** TASK **
Lines that include the string "LeanImagesRun" are the ones to copy from the entries below.

** DATA FOR ANALYSIS **

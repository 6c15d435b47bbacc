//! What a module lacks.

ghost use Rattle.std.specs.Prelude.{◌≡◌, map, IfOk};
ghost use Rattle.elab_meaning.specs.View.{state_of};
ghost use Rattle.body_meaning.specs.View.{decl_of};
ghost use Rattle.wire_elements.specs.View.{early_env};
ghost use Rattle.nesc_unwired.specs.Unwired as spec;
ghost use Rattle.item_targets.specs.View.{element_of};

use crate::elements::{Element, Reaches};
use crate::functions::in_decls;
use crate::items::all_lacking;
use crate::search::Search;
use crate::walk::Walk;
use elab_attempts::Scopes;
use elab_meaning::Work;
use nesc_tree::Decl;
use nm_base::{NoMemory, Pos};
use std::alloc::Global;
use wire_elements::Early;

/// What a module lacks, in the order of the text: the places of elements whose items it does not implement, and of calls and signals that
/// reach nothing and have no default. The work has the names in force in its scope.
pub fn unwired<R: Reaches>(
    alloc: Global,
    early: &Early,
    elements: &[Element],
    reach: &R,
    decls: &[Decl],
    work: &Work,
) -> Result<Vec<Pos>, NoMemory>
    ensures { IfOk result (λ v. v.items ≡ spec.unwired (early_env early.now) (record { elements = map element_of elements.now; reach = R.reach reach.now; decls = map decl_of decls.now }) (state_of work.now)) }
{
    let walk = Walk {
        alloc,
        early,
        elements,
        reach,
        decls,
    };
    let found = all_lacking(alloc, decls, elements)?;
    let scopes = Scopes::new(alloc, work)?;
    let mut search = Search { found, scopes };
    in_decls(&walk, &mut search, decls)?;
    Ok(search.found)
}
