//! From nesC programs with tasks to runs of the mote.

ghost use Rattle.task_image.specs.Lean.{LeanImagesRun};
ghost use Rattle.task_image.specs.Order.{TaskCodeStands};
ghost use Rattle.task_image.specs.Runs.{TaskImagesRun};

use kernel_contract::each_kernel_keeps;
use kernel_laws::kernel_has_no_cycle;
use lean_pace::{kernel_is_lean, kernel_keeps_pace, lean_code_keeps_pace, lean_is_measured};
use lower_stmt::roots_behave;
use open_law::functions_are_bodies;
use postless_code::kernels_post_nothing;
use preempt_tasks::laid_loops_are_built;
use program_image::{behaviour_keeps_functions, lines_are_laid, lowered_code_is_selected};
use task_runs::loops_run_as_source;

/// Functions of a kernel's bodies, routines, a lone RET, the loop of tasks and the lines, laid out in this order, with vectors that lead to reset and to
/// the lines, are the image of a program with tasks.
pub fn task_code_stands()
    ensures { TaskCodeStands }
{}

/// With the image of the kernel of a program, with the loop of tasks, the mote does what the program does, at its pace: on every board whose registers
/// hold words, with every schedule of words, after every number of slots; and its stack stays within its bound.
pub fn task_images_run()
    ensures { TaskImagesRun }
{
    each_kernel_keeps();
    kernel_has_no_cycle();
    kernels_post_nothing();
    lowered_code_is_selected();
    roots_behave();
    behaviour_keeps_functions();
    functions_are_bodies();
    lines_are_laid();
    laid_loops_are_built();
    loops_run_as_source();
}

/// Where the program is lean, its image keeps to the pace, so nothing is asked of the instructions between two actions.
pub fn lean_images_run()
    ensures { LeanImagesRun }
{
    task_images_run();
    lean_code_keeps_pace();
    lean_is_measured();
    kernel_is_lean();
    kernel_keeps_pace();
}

** WRITTEN ANSWER **
ghost use Rattle.task_image.specs.Lean.{LeanImagesRun};
    ensures { LeanImagesRun }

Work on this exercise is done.